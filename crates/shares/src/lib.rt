// What each of up to eight jobs gets of a pass (document 02, request 12).
#![tactic(auto)]

ghost use Rattle.std.specs.Prelude.{◌≡◌, eqb, not, ◌-◌, ◌/◌, ◌≤◌, min, length, replicate};
ghost use Rattle.std.specs.List.{count_by, list_all};
ghost use Rattle.base.specs.Blit.{blit};
ghost use Rattle.passes.specs.Passes.{bases, given, shared};
ghost use Rattle.shares.specs.Eights.{list_of, jobs_from, jobs_of, number_of, GivenAs, SharedAs};

// Eight numbers, as the C interface has them.
#[repr(C)]
#[derive(Clone, Copy)]
pub struct Eight {
    pub a: u64,
    pub b: u64,
    pub c: u64,
    pub d: u64,
    pub e: u64,
    pub f: u64,
    pub g: u64,
    pub h: u64,
}

impl From<Eight> for [u64; 8] {
    ghost from_gives = { λ e numbers. numbers ≡ list_of e };

    fn from(e: Eight) -> [u64; 8] {
        [e.a, e.b, e.c, e.d, e.e, e.f, e.g, e.h]
    }
}

impl From<[u64; 8]> for Eight {
    ghost from_gives = { λ numbers e. list_of e ≡ numbers };

    fn from(numbers: [u64; 8]) -> Eight {
        let [a, b, c, d, e, f, g, h] = numbers;
        Eight {
            a,
            b,
            c,
            d,
            e,
            f,
            g,
            h,
        }
    }
}

// A refusal's number, 0 where there is none; the stores that each job gets, 0 past the jobs.
#[repr(C)]
#[derive(Drop)]
pub struct Shares {
    pub number: u64,
    pub shares: Eight,
}

// Why nothing is shared.
#[derive(Clone, Copy, Debug, PartialEq, Eq)]
enum Refusal {
    // There is no job, or more than eight.
    Jobs,
    // There is nothing to give, or a cap is 0.
    Nothing,
}

impl Refusal {
    // Its number at the C interface.
    fn number(self) -> u64
        ensures { result ≡ number_of self }
    {
        match self {
            Refusal::Jobs => 31,
            Refusal::Nothing => 32,
        }
    }
}

// What a job gets at least, where U divided by the unfinished jobs is q.
fn least(cap: u64, left: u64, q: u64) -> u64
    ensures { result ≡ min cap (min left q) }
{
    cap.min(left.min(q))
}

// Whether each of these caps is above 0.
fn is_capped(caps: &[u64]) -> bool
    ensures { result ≡ list_all (λ cap. not (eqb cap 0)) caps.now }
{
    caps.iter().all(|&cap| cap != 0)
}

// How many of these jobs are unfinished.
fn count(left: &[u64]) -> u64
    ensures { result ≡ count_by (λ stores. not (eqb stores 0)) left.now }
{
    left.iter().filter(|&&stores| stores != 0).count() as u64
}

// What is left over of U, once each job has its least.
fn left_over(u: u64, q: u64, caps: &[u64], left: &[u64]) -> u64
    requires enough { bases q (jobs_of caps.now left.now) ≤ u }
    requires paired { length left.now ≡ length caps.now }
    ensures { result ≡ u - bases q (jobs_of caps.now left.now) }
{
    let mut rest = u;
    for i in 0..caps.len() {
        rest -= least(caps[i], left[i], q);
    }
    rest
}

// The least of each job, and the rest in their order, to each all it may take.
fn give(q: u64, over: u64, caps: &[u64], left: &[u64]) -> [u64; 8]
    requires paired { length left.now ≡ length caps.now }
    requires few { length caps.now ≤ 8 }
    ensures { result ≡ blit 0 (given q over (jobs_of caps.now left.now)) (replicate 8 0) }
{
    let mut shares = [0; 8];
    let mut rest = over;
    for i in 0..caps.len() {
        let base = least(caps[i], left[i], q);
        let more = rest.min(caps[i].min(left[i]) - base);
        shares[i] = base + more;
        rest -= more;
    }
    shares
}

// What each job gets of a pass that has u stores to give, 0 past the jobs.
fn shared(u: u64, jobs: u64, caps: [u64; 8], left: [u64; 8]) -> Result<[u64; 8], Refusal>
    ensures { GivenAs (shared u (jobs_from caps left 0 jobs)) result }
{
    if jobs == 0 || 8 < jobs {
        return Err(Refusal::Jobs);
    }
    let n = jobs as usize;
    let caps = &caps[..n];
    let left = &left[..n];
    if u == 0 || !is_capped(caps) {
        return Err(Refusal::Nothing);
    }
    let q = u.checked_div(count(left)).unwrap_or(0);
    let over = left_over(u, q, caps, left);
    Ok(give(q, over, caps, left))
}

// What each of so many jobs gets of a pass that has u stores to give, by their caps and what they have left.
pub fn share(u: u64, jobs: u64, caps: Eight, left: Eight) -> Shares
    ensures { SharedAs (shared u (jobs_from (list_of caps) (list_of left) 0 jobs)) result }
{
    match shared(u, jobs, caps.into(), left.into()) {
        Ok(shares) => Shares {
            number: 0,
            shares: shares.into(),
        },
        Err(refusal) => Shares {
            number: refusal.number(),
            shares: [0; 8].into(),
        },
    }
}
• • •
REQUIRED ACTION ▸
Word for word, quote the lines of the material from the first line through the line with "nothing is shared.", both ends included.

ANSWER FOR THIS EXERCISE ▸
filename crates/shares/src/lib.rt
// What each of up to eight jobs gets of a pass (document 02, request 12).
#![tactic(auto)]

ghost use Rattle.std.specs.Prelude.{◌≡◌, eqb, not, ◌-◌, ◌/◌, ◌≤◌, min, length, replicate};
ghost use Rattle.std.specs.List.{count_by, list_all};
ghost use Rattle.base.specs.Blit.{blit};
ghost use Rattle.passes.specs.Passes.{bases, given, shared};
ghost use Rattle.shares.specs.Eights.{list_of, jobs_from, jobs_of, number_of, GivenAs, SharedAs};

// Eight numbers, as the C interface has them.
#[repr(C)]
#[derive(Clone, Copy)]
pub struct Eight {
    pub a: u64,
    pub b: u64,
    pub c: u64,
    pub d: u64,
    pub e: u64,
    pub f: u64,
    pub g: u64,
    pub h: u64,
}

impl From<Eight> for [u64; 8] {
    ghost from_gives = { λ e numbers. numbers ≡ list_of e };

    fn from(e: Eight) -> [u64; 8] {
        [e.a, e.b, e.c, e.d, e.e, e.f, e.g, e.h]
    }
}

impl From<[u64; 8]> for Eight {
    ghost from_gives = { λ numbers e. list_of e ≡ numbers };

    fn from(numbers: [u64; 8]) -> Eight {
        let [a, b, c, d, e, f, g, h] = numbers;
        Eight {
            a,
            b,
            c,
            d,
            e,
            f,
            g,
            h,
        }
    }
}

// A refusal's number, 0 where there is none; the stores that each job gets, 0 past the jobs.
#[repr(C)]
#[derive(Drop)]
pub struct Shares {
    pub number: u64,
    pub shares: Eight,
}

// Why nothing is shared.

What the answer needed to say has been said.